Setelahnya share seluas mungkin, jadi viral, syukur tidak viral juga, cukup lumayan menakut nakuti.
Singkat cerita, setelah saya kabarkan bagaimana penulisan berita yang baik, bukan hanya mengedepankan KEJ dan lainnya.
Lantas, Berita kritik semcamanya itu seperti apa Om ?
Saya sedikit terdiam, berpikir. Bergumam dalam hati, mahasiswa ini kenal dari mana soal berita kritik..!
Dengan senyum kecil, saya menjawab. Sepengetahuan saya, sejak jadi jurnalis dari tahun 2006 lalu sampai sekarang, belim pernah tau soal Berita Kritik, yang ada mungkin isi berita yang mengkritik, meskipun tidak melulu ada buah solusi didalamnya, apapun itu beritanya.
Perlu di sampaikan, antara kritik dan saran itu ada bedanya. Kalau Saran itu berisi sebuah pesan untuk perbaikan untuk lebih positif dan baik. Kalau Kritik hanya sebuah pesan dengan hal negatif, yang kebanyakan memberikan lontaran kurang baik dan ada bumbu negatif.
Artinya, kalau mengkritik itu, sah sah saja. Masalahnya, kebanyakan orang pada umumnya masih sangat minim pengetahuan apa itu kritik dengan sejuta pengetahuan materi yang dikuasai. “Skak Mat”
Bahkan di dunia jurnalistik pun, banyak oknum oknum yang membuat menyajikan berita yang didalamnya terdapat unsur ketidaksukaan, unsur sakit hati atau dikenal “pasal jengkel”, dan bahkan berita nya mengandung unsur Pasal 310, Pasal 369, satu lagi ada unsur pasal 311 KUHPidana.
Soal ini, tentu mengait pada pengetahuan SDM, dan Pola Pikir individu itu sendiri. Bicara soal Pola Pikir, paling sedikitnya ada empat faktor yang mempengaruhi pola pikir seseorang, diantaranya lingkungan keluarga dan pergaulan dengan masyarakat, faktor pendidikan dan faktor aistem kepercayaan.
Ini semua perlu di pahami, kalau mau lebih berkelas Yah, Searching aja Google beres to..!!
“simple ku menjelaskan sambil guyon, nyeruput segelas kopi”
Kalau membahas soal bagaimana cara bedakan berita baik dan berita buruk! Sekarang ini era digital tak bisa terbendung, banyak sekali informasi berita menyebar dengan luas.
Soal berita baik dan hoaks semcamnya, sudah tentu kita paham bagaimana dan apa. Hanya saja, ada kategori baru soal berita yang diulas diatas yakni ” Berita Kritik versus Berita Pasal Jengkel”
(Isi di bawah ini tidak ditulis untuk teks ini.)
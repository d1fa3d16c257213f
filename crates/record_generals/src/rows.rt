// General corrections as rows of numbers: the tables of the head and of a satellite, and the rows of a frame.
ghost use Rattle.std.specs.Prelude.{◌≡◌, map, ◌≤◌, take};
ghost use Rattle.record_fields.specs.Tables.{put_row, put_rows};
ghost use Rattle.record_generals.specs.Generals.{head_rows, widths, least, most, numbers};
ghost use Rattle.record_generals.specs.GeneralNulls.{system_rows};

use crate::{General, GeneralHead};
use record_fields::Rows;

// THE HEAD: the widths of its fields, and the most of each number.
pub(crate) const HEAD_WIDTHS: [u32; 5] = [4, 4, 2, 2, 1];

const HEAD_MOST: [u32; 5] = [15, 15, 3, 3, 1];

// THE SYSTEM of a null frame.
const SYSTEM_WIDTHS: [u32; 1] = [4];

// THE LAYOUT of a satellite: the least of each number.
const LEAST: [u32; 1] = [1];

// A satellite's numbers, in the order of the fields.
fn numbers_of(g: General) -> [u32; 12]
    ensures { result ≡ numbers g }
{
    let prc = record_fields::code14(g.prc);
    [
        g.satellite as u32,
        g.udre as u32,
        g.iod as u32,
        prc,
        g.delay as u32,
        0,
        0,
        0,
        0,
        0,
        0,
        0,
    ]
}

// The row of the head.
fn head_rows(head: GeneralHead) -> Rows
    ensures { result ≡ head_rows head }
{
    let values = [
        head.system as u32,
        head.signal as u32,
        head.ephemeris as u32,
        head.period as u32,
        head.ionosphere as u32,
        0,
        0,
        0,
        0,
        0,
        0,
        0,
    ];
    let none = record_fields::no_rows();
    record_fields::put_row(none, values, &HEAD_WIDTHS, &[], &HEAD_MOST)
}

// One satellite's row more; its delay has `delay` bits.
fn put_entry(rows: Rows, delay: u32, g: General) -> Rows
    requires { delay ≤ 12 }
    ensures { result ≡ put_row (widths delay) least (most delay) (numbers g) rows }
{
    let widths = [6, 4, 8, 14, delay];
    let most = [63, 15, 255, 16383, (1u32 << delay) - 1];
    let values = numbers_of(g);
    record_fields::put_row(rows, values, &widths, &LEAST, &most)
}

// The rows of the head, and of the satellites below the count.
pub(crate) fn rows_of(delay: u32, head: GeneralHead, entries: [General; 22], count: usize) -> Rows
    requires { delay ≤ 12 }
    ensures { result ≡ put_rows (widths delay) least (most delay) (map numbers (take count entries)) (head_rows head) }
{
    entries
        .iter()
        .take(count)
        .fold(head_rows(head), |rows, g| put_entry(rows, delay, *g))
}

// The row of a null frame's system.
pub(crate) fn system_rows(system: u8) -> Rows
    ensures { result ≡ system_rows system }
{
    let values = [system as u32, 0, 0, 0, 0, 0, 0, 0, 0, 0, 0, 0];
    let none = record_fields::no_rows();
    record_fields::put_row(none, values, &SYSTEM_WIDTHS, &[], &[])
}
Kalau berita kritik sudah diulas sebagian kecil diatas. Dan bagaimana cara bedakan berita baik dan buruk itu, yah apa yang saya katakan tadi Searching aja sih, biar singkat waktu tak berkepanjangan, karena terlalu luas soal materi ini.
Sekarang di ulas sedikit, soal “Berita Pasal Jengkel”
Berita Pasal Jengkel ini yang sadar tidak sadar banyak bermunculan dengan berbagai kanal website media digital dengan kata “duga menduga” padahal jika di simak dan di pahami, maka unsur isi berita cukup mencengangkan, karena dipenuhi unsur unsur negatif yang tentu melanggar norma kaedah kejurnalistikan, ini ada pasal – pasal nya seperti ulasan di atas, termasuk pasal jengkel !
Berita pasal jengkel dibuat, dari segelintir oknum yang mengatasnamakan wartawan atau jurnalis, bahkan mirisnya oknum jurnalis yang konon latanya sudah berkompeten. Jadi tak heran ada banyak berita pasal jengkel ini yang muncul tanpa di sadari.
Boleh di ibaratkan Saya Romzi Seorang Jurnalis, pada saat saya memegang sebuah kendali pimpinan (pimpinan media, pimpinan organisasi kewartawan atau pimpinan LSM/Ormas rangkap jurnalis sekalipun), ketika saya tidak mendapatkan hal yang saya inginkan, misal proyek, atau dana hibah dan atau dana MoU kerjasama bisnis media dan bahkan kurang besar nilai kerjasama.
Inilah awal kebanyakan muncul berita pasal jengkel, sedemikian rupa di buat, dicari informasinya di gali data informasinya, bahkan mengintruksikan kaki tangannya bergerak, mengkonfirmasikan sebuah berita kepihak pihak terkait, yang tujuannya pertama agar terkesan berimbang dalam sebuah berita, tujuan keduanya, agar obyek atau pihak yang diberitakan ketakutan dan ujungnya sebuah perundingan yang tentunya ada keuntungan.
Kondisi ini sudah lama terjadi, hanya saja sebagian pihak tidak mau mengambil langkah tegas, karena tidak mau repot. Padahal jika di lakukan suatu langkah tegas, maka sama saja menangkal penyebaran berita tidak benar, berita mengandung unsur kepentingan dan kebencian dan sebagainya.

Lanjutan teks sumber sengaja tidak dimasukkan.